[Items from a dataset]
.....

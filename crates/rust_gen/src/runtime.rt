//! Which items the module `_rt` holds.

ghost use Rattle.std.specs.Prelude.{◌≡◌, ◌++◌, IfOk, OnOk, fold};
ghost use Rattle.std.specs.List.{flat_map, list_any};
ghost use Rattle.rust_tree.specs.Asked.{asked_in};
ghost use Rattle.rust_tree.specs.Runtime.{needed_items};
ghost use Rattle.rust_gen.specs.Runtime.{is_same_item, runtime_items, runtime_module, with_asked, with_needed};

use rust_tree::{Item, RuntimeItem, asked_in};
use std::alloc::Global;
use wit_model::{List, OutOfMemory};

fn is_same_item(a: RuntimeItem, b: RuntimeItem) -> bool
    ensures { result ≡ is_same_item a b }
{
    match (a, b) {
        (RuntimeItem::AsI32, RuntimeItem::AsI32) => true,
        (RuntimeItem::AsI64, RuntimeItem::AsI64) => true,
        (RuntimeItem::AsF32, RuntimeItem::AsF32) => true,
        (RuntimeItem::AsF64, RuntimeItem::AsF64) => true,
        (RuntimeItem::AllocCrate, RuntimeItem::AllocCrate) => true,
        (RuntimeItem::StringType, RuntimeItem::StringType) => true,
        (RuntimeItem::VecType, RuntimeItem::VecType) => true,
        (RuntimeItem::BoolLift, RuntimeItem::BoolLift) => true,
        (RuntimeItem::CharLift, RuntimeItem::CharLift) => true,
        (RuntimeItem::StringLift, RuntimeItem::StringLift) => true,
        (RuntimeItem::StdAllocModule, RuntimeItem::StdAllocModule) => true,
        (RuntimeItem::CabiDealloc, RuntimeItem::CabiDealloc) => true,
        (RuntimeItem::InvalidEnumDiscriminant, RuntimeItem::InvalidEnumDiscriminant) => true,
        _ => false,
    }
}

fn is_asked(items: &[RuntimeItem], asked: RuntimeItem) -> bool
    ensures { result ≡ list_any (λ i. is_same_item i asked) items.now }
{
    items.iter().any(|item| is_same_item(*item, asked))
}

fn ask(items: &mut List<RuntimeItem>, asked: RuntimeItem) -> Result<(), OutOfMemory>
    ensures { OnOk result (items.new ≡ with_asked items.old asked) }
{
    if is_asked(items.as_slice(), asked) {
        Ok(())
    } else {
        items.push(asked)
    }
}

fn ask_all(items: &mut List<RuntimeItem>, asked: &[RuntimeItem]) -> Result<(), OutOfMemory>
    ensures { OnOk result (items.new ≡ fold with_asked items.old asked.now) }
{
    for item in asked {
        ask(items, *item)?;
    }
    Ok(())
}

/// Puts what items need behind others.
fn ask_for_needs(items: &mut List<RuntimeItem>, parts: &[RuntimeItem]) -> Result<(), OutOfMemory>
    ensures { OnOk result (items.new ≡ fold with_asked items.old (flat_map needed_items parts.now)) }
{
    for part in parts {
        ask_all(items, part.needs())?;
    }
    Ok(())
}

/// The items, and behind them those that they need.
fn with_needed(alloc: Global, asked: List<RuntimeItem>) -> Result<List<RuntimeItem>, OutOfMemory>
    ensures { IfOk result (λ items. items ≡ with_needed asked) }
{
    let mut items = List::from_slice(alloc, asked.as_slice())?;
    ask_for_needs(&mut items, asked.as_slice())?;
    Ok(items)
}

/// The items that are asked for, each once, in the order in which they are first asked for; and behind them those that they need.
#[tactic(auto, unfolding(crate::specs::Runtime::runtime_items))]
fn runtime_items(alloc: Global, asked: &[RuntimeItem]) -> Result<List<RuntimeItem>, OutOfMemory>
    ensures { IfOk result (λ found. found ≡ runtime_items asked.now) }
{
    let mut found = List::new(alloc);
    ask_all(&mut found, asked)?;
    let found = with_needed(alloc, found)?;
    with_needed(alloc, found)
}

/// What is asked for of `_rt`, and behind it whatever else items name.
fn all_asked(
    alloc: Global,
    asked: &[RuntimeItem],
    items: &[Item],
) -> Result<List<RuntimeItem>, OutOfMemory>
    ensures { IfOk result (λ all. all ≡ asked.now ++ asked_in items.now) }
{
    let named = asked_in(alloc, items)?;
    let mut all = List::from_slice(alloc, asked)?;
    all.extend_from_slice(named.as_slice())?;
    Ok(all)
}

/// Puts the module `_rt` behind other items, where any of its items is asked for.
pub(crate) fn push_runtime(
    alloc: Global,
    items: &mut List<Item>,
    asked: &[RuntimeItem],
) -> Result<(), OutOfMemory>
    ensures { OnOk result (items.new ≡ items.old ++ runtime_module (runtime_items (asked.now ++ asked_in items.old))) }
{
    let all = all_asked(alloc, asked, items.as_slice())?;
    let parts = runtime_items(alloc, all.as_slice())?;
    if parts.is_empty() {
        return Ok(());
    }
    items.push(Item::Runtime(parts))
}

.....

* **What is being asked**
Quote exactly the stretch of lines above that starts at the first one and ends at the line with "match (a, b)", and nothing beyond it.

* **Output for this task**
filename crates/rust_gen/src/runtime.rt
//! Which items the module `_rt` holds.

ghost use Rattle.std.specs.Prelude.{◌≡◌, ◌++◌, IfOk, OnOk, fold};
ghost use Rattle.std.specs.List.{flat_map, list_any};
ghost use Rattle.rust_tree.specs.Asked.{asked_in};
ghost use Rattle.rust_tree.specs.Runtime.{needed_items};
ghost use Rattle.rust_gen.specs.Runtime.{is_same_item, runtime_items, runtime_module, with_asked, with_needed};

use rust_tree::{Item, RuntimeItem, asked_in};
use std::alloc::Global;
use wit_model::{List, OutOfMemory};

fn is_same_item(a: RuntimeItem, b: RuntimeItem) -> bool
    ensures { result ≡ is_same_item a b }
{
    match (a, b) {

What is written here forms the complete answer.